Once you find the line containing "self.view = Arc::try_clone(operation)?;" in the data below, copy it and each following line exactly, up to and including the line containing "that go on.", and nothing else.

-- Material for this task --
★ ★ ★

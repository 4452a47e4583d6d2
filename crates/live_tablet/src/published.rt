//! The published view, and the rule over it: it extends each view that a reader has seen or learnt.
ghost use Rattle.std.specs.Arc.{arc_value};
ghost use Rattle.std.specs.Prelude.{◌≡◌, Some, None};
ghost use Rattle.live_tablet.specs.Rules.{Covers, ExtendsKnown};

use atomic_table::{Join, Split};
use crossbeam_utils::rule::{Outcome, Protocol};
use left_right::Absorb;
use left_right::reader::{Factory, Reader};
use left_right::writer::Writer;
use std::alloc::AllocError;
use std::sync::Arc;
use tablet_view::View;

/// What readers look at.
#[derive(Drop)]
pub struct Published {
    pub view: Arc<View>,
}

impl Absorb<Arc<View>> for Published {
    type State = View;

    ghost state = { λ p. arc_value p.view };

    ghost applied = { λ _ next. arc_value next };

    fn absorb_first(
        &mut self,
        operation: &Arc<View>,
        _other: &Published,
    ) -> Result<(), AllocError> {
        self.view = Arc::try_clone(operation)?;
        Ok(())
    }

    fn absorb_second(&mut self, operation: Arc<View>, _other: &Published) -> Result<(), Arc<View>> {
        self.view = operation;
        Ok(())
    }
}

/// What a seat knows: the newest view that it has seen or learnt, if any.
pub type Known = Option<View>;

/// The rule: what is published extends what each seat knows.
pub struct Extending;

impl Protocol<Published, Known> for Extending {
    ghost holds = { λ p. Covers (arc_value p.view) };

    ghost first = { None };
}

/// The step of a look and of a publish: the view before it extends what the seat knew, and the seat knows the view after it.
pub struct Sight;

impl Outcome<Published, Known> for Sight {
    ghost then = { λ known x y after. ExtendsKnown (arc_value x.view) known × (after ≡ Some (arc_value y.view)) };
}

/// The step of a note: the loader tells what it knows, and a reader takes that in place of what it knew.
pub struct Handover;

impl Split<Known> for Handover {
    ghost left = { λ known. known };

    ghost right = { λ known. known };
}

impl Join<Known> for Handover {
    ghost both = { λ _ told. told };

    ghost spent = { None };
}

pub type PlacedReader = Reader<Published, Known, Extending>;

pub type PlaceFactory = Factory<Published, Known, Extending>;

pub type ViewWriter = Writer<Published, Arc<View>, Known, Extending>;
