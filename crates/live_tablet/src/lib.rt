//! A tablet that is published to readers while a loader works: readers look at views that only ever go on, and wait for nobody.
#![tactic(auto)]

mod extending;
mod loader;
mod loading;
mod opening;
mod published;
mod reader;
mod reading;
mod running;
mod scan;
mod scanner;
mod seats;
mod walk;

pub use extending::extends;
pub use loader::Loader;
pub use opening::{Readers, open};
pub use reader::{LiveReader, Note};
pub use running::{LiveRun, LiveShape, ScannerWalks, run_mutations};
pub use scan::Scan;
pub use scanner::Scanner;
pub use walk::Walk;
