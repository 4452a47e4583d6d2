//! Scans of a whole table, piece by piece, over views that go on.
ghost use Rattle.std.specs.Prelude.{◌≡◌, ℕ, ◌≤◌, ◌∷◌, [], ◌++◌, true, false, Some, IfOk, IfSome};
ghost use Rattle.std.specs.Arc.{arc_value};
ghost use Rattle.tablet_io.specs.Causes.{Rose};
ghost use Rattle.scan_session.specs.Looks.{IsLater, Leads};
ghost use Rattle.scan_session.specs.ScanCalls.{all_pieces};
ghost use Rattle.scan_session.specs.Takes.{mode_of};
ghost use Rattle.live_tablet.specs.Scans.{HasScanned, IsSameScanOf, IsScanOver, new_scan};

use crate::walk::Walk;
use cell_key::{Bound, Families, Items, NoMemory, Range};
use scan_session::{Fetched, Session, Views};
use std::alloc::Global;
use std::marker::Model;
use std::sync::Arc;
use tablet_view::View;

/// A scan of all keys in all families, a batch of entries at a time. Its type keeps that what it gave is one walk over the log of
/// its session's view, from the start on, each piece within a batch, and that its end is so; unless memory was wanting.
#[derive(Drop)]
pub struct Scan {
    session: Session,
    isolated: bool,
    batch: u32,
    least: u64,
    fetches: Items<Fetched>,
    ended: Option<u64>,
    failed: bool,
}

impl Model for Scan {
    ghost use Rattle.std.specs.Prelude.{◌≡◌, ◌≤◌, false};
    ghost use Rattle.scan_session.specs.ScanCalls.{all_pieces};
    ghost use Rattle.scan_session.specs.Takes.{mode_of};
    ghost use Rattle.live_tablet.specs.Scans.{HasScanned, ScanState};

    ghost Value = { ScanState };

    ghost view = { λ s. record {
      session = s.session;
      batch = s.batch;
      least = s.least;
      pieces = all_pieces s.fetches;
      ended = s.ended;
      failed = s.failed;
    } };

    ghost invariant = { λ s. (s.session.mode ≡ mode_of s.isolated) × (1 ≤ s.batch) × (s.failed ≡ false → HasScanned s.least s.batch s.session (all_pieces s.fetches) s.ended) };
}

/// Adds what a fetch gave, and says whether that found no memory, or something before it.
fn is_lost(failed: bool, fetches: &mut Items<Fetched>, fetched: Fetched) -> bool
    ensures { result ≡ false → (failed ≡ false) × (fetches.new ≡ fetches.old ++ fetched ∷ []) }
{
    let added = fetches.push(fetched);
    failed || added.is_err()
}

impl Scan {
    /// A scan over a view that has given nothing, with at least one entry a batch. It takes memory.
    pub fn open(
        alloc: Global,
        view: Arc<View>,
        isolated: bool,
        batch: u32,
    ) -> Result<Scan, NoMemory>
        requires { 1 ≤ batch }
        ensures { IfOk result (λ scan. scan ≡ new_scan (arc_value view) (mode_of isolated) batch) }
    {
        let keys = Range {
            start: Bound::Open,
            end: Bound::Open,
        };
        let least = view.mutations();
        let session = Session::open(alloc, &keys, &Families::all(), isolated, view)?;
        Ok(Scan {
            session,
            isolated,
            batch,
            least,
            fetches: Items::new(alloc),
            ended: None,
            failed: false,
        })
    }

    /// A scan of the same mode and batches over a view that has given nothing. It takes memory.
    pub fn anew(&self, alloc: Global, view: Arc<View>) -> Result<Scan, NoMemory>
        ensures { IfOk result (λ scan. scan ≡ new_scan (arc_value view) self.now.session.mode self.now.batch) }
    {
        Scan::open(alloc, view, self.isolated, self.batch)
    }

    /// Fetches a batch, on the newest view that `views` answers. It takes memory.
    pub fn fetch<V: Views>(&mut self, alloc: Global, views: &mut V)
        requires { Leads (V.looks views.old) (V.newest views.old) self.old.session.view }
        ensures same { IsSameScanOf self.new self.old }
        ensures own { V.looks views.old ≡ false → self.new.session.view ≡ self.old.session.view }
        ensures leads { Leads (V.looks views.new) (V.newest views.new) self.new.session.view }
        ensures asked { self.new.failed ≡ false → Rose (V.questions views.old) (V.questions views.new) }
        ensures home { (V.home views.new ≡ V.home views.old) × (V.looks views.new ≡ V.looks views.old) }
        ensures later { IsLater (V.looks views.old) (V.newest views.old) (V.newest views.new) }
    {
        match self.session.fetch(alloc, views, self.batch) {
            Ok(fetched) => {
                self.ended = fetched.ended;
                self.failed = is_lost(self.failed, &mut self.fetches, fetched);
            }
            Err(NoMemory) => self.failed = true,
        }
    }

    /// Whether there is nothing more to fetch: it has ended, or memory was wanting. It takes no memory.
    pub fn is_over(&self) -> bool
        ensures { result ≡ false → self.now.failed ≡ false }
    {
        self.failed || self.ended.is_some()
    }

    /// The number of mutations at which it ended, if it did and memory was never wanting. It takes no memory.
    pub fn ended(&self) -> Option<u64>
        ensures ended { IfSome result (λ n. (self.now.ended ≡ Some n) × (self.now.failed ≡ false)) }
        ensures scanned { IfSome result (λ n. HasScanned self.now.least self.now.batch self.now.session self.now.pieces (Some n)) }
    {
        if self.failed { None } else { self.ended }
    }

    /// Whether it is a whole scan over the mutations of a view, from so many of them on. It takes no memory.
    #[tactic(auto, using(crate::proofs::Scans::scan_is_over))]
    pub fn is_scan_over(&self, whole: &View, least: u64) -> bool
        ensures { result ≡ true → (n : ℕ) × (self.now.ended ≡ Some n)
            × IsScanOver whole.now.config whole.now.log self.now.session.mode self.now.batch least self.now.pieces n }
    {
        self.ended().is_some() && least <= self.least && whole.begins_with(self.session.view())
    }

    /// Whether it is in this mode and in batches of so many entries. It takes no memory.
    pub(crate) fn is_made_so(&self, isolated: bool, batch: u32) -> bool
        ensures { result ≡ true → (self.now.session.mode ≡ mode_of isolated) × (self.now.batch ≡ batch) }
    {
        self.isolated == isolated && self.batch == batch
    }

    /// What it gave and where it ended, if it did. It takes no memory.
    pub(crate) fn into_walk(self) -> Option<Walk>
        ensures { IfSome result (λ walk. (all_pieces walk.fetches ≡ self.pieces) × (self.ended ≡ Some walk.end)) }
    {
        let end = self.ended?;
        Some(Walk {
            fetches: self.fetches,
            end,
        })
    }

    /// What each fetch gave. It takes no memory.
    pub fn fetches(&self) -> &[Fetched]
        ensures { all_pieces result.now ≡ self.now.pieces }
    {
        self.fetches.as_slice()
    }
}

★ ★ ★

-- Solution for this task --
        self.view = Arc::try_clone(operation)?;
        Ok(())
    }

    fn absorb_second(&mut self, operation: Arc<View>, _other: &Published) -> Result<(), Arc<View>> {
        self.view = operation;
        Ok(())
    }
}

/// What a seat knows: the newest view that it has seen or learnt, if any.
pub type Known = Option<View>;

/// The rule: what is published extends what each seat knows.
pub struct Extending;

impl Protocol<Published, Known> for Extending {
    ghost holds = { λ p. Covers (arc_value p.view) };

    ghost first = { None };
}

/// The step of a look and of a publish: the view before it extends what the seat knew, and the seat knows the view after it.
pub struct Sight;

impl Outcome<Published, Known> for Sight {
    ghost then = { λ known x y after. ExtendsKnown (arc_value x.view) known × (after ≡ Some (arc_value y.view)) };
}

/// The step of a note: the loader tells what it knows, and a reader takes that in place of what it knew.
pub struct Handover;

impl Split<Known> for Handover {
    ghost left = { λ known. known };

    ghost right = { λ known. known };
}

impl Join<Known> for Handover {
    ghost both = { λ _ told. told };

    ghost spent = { None };
}

pub type PlacedReader = Reader<Published, Known, Extending>;

pub type PlaceFactory = Factory<Published, Known, Extending>;

pub type ViewWriter = Writer<Published, Arc<View>, Known, Extending>;
filename crates/live_tablet/src/lib.rt
//! A tablet that is published to readers while a loader works: readers look at views that only ever go on, and wait for nobody.
#![tactic(auto)]

mod extending;
mod loader;
mod loading;
mod opening;
mod published;
mod reader;
mod reading;
mod running;
mod scan;
mod scanner;
mod seats;
mod walk;

pub use extending::extends;
pub use loader::Loader;
pub use opening::{Readers, open};
pub use reader::{LiveReader, Note};
pub use running::{LiveRun, LiveShape, ScannerWalks, run_mutations};
pub use scan::Scan;
pub use scanner::Scanner;
pub use walk::Walk;
repository 4452a47e4583d6d2
//! Scans of a whole table, piece by piece, over views that go on.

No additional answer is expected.